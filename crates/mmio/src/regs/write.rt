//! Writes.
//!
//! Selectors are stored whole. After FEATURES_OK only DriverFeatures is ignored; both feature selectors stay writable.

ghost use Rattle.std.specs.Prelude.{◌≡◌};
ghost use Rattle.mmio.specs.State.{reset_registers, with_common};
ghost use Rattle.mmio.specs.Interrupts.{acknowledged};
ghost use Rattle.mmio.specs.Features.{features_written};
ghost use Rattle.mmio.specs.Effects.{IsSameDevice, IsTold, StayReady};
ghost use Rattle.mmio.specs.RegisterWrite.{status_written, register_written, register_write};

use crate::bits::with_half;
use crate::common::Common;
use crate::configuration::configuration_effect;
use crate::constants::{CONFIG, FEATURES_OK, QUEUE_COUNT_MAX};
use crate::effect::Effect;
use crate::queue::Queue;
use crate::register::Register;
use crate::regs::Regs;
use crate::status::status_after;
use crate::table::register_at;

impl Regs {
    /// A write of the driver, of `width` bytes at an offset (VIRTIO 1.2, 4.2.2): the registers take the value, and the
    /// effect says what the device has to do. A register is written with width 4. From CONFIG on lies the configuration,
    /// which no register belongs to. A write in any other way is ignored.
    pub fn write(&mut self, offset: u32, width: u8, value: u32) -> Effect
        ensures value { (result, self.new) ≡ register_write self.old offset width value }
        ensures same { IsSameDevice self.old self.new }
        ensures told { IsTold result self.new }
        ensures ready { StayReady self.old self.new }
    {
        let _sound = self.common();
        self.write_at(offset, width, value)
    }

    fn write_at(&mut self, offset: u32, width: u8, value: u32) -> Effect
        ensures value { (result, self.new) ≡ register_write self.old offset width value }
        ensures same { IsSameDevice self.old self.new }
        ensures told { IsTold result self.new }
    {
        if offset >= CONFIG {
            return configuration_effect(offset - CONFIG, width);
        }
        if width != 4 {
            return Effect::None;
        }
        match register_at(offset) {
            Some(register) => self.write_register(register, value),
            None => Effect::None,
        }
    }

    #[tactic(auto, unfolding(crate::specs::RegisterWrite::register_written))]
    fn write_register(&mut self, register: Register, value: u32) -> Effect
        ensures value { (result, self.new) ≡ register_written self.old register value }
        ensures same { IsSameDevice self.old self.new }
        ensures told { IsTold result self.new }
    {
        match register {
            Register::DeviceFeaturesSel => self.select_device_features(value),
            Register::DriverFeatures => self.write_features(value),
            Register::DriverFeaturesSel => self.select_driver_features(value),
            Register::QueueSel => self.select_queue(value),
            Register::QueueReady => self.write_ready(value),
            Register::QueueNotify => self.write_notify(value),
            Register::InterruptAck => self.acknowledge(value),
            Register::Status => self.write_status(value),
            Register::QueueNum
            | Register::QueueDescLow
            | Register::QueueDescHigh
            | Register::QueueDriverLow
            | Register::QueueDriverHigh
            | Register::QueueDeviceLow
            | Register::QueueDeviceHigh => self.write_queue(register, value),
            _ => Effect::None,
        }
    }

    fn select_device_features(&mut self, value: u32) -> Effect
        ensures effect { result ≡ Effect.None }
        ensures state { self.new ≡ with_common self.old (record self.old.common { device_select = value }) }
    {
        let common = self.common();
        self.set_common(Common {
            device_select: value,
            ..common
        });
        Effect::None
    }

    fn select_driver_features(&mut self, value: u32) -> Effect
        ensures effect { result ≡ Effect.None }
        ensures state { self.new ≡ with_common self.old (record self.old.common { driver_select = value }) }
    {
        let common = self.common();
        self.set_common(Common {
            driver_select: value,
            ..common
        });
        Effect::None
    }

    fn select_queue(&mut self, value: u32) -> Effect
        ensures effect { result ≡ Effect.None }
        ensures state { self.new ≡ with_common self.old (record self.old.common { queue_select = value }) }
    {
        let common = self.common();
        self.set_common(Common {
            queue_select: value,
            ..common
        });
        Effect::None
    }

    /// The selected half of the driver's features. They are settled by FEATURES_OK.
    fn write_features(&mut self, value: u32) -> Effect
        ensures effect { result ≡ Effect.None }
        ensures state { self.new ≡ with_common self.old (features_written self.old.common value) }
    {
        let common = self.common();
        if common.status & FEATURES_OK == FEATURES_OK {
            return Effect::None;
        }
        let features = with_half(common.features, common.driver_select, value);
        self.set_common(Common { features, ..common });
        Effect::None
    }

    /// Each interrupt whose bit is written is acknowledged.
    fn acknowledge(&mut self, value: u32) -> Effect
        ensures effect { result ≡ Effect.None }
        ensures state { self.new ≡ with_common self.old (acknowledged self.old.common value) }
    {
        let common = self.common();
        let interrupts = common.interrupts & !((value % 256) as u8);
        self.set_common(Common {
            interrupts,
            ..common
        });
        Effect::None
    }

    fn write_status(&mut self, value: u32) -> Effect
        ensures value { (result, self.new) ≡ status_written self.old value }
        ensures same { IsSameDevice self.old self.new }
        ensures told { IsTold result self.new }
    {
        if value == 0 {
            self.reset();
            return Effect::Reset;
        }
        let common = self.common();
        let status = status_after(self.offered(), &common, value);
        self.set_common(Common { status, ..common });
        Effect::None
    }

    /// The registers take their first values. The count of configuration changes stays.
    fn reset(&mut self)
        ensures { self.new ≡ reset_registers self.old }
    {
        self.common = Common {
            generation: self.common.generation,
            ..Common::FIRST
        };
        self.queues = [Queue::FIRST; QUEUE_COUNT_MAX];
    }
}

§ §

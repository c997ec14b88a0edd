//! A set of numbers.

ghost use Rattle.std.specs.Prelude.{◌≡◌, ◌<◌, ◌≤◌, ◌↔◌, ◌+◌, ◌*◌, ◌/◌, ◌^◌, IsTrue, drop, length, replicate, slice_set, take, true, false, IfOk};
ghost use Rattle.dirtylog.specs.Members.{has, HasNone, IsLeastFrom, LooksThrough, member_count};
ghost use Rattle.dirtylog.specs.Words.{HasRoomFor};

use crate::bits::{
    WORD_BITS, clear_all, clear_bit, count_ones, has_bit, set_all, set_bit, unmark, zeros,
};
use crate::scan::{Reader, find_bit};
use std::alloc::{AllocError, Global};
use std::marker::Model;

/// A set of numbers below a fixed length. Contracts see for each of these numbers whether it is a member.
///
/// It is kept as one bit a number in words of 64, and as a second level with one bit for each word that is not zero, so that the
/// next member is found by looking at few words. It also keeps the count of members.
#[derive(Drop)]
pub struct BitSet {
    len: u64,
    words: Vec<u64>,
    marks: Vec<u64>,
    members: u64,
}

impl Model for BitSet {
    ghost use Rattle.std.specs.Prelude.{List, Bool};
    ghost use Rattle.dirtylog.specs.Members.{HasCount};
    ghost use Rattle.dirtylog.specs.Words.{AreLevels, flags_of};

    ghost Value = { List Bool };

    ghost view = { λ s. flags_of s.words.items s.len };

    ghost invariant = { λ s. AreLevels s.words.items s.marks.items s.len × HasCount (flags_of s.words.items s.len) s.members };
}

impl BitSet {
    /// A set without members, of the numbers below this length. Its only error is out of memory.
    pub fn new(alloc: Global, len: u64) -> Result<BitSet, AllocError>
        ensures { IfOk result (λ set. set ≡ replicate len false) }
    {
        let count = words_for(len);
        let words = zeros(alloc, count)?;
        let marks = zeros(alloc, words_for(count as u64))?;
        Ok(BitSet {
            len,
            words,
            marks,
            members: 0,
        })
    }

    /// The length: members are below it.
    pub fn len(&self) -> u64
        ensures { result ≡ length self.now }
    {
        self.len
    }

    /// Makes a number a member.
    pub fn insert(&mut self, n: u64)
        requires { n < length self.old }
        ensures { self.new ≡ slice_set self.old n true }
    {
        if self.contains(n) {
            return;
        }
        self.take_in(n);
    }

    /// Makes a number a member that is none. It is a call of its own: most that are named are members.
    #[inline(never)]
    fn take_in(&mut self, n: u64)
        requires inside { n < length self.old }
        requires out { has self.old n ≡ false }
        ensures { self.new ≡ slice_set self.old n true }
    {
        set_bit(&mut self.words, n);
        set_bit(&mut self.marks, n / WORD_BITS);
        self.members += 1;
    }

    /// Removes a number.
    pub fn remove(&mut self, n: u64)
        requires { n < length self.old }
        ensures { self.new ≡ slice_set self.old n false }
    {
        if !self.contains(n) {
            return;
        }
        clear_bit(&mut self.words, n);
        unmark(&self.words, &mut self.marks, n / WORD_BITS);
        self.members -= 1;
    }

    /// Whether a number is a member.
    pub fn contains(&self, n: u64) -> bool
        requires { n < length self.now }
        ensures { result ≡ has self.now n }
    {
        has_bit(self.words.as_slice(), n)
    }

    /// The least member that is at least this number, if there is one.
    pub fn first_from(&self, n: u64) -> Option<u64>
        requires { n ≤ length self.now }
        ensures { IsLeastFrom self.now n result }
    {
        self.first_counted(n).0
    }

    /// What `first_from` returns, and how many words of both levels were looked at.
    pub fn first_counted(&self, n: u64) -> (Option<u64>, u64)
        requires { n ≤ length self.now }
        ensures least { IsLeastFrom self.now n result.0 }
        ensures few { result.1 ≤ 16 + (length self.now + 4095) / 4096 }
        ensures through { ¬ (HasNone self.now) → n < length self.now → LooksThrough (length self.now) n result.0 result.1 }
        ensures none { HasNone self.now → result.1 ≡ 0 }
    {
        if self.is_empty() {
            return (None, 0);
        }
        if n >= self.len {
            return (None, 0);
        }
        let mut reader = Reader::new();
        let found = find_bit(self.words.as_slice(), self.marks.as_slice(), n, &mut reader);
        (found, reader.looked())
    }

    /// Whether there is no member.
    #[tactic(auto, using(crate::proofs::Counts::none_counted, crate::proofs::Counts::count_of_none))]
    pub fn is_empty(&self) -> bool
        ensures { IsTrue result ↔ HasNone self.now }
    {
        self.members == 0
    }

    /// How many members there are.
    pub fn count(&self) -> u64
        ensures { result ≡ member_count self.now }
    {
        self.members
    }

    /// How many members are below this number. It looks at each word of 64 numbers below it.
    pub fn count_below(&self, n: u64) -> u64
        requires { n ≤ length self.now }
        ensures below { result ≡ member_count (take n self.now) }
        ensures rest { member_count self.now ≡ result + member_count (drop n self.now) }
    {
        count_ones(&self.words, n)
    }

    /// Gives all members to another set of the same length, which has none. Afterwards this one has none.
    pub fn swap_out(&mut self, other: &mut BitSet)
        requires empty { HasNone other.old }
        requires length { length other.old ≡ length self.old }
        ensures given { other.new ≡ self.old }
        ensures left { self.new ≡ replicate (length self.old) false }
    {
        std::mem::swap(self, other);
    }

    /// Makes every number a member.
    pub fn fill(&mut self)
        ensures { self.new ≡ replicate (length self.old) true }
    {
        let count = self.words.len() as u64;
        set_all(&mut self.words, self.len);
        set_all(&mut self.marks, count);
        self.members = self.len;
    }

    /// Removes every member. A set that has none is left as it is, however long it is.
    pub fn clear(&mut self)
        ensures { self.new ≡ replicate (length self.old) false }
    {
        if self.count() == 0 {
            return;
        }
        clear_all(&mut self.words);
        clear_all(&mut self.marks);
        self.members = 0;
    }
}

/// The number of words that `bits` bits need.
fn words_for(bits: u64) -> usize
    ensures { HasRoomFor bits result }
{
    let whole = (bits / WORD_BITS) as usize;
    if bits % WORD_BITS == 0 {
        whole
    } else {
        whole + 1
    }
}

§ §

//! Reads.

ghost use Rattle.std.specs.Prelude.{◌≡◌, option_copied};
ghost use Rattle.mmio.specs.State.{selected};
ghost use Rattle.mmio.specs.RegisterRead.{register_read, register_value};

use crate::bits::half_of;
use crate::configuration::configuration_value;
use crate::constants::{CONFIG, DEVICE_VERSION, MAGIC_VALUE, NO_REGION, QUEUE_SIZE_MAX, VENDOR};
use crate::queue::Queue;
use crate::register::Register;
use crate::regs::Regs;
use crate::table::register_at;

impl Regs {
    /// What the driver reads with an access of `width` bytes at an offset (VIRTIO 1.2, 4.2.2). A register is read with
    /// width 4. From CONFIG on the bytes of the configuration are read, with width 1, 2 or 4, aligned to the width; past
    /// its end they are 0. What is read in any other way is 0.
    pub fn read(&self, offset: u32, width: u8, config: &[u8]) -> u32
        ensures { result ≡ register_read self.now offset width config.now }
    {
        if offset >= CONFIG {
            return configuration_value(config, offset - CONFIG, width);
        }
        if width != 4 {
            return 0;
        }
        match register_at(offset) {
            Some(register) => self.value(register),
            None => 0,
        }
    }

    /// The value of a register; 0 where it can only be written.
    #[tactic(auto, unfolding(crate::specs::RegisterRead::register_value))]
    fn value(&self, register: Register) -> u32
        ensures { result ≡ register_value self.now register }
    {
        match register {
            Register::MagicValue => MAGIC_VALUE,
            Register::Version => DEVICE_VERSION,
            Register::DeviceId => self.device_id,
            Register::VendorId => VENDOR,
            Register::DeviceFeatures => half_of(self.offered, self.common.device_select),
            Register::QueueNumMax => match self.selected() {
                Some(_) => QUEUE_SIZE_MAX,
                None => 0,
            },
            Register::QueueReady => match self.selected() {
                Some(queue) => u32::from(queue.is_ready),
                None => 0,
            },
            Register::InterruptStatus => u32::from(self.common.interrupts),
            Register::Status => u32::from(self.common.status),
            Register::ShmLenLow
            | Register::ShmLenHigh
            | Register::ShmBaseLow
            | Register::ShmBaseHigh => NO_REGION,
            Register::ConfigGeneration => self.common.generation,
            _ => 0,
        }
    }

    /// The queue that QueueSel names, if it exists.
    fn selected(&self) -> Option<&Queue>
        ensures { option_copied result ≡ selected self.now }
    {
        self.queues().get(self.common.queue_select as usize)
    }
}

§ §

Give only the number of lines in the entries above that contain the string "generation".

> _TASK OUTPUT_
2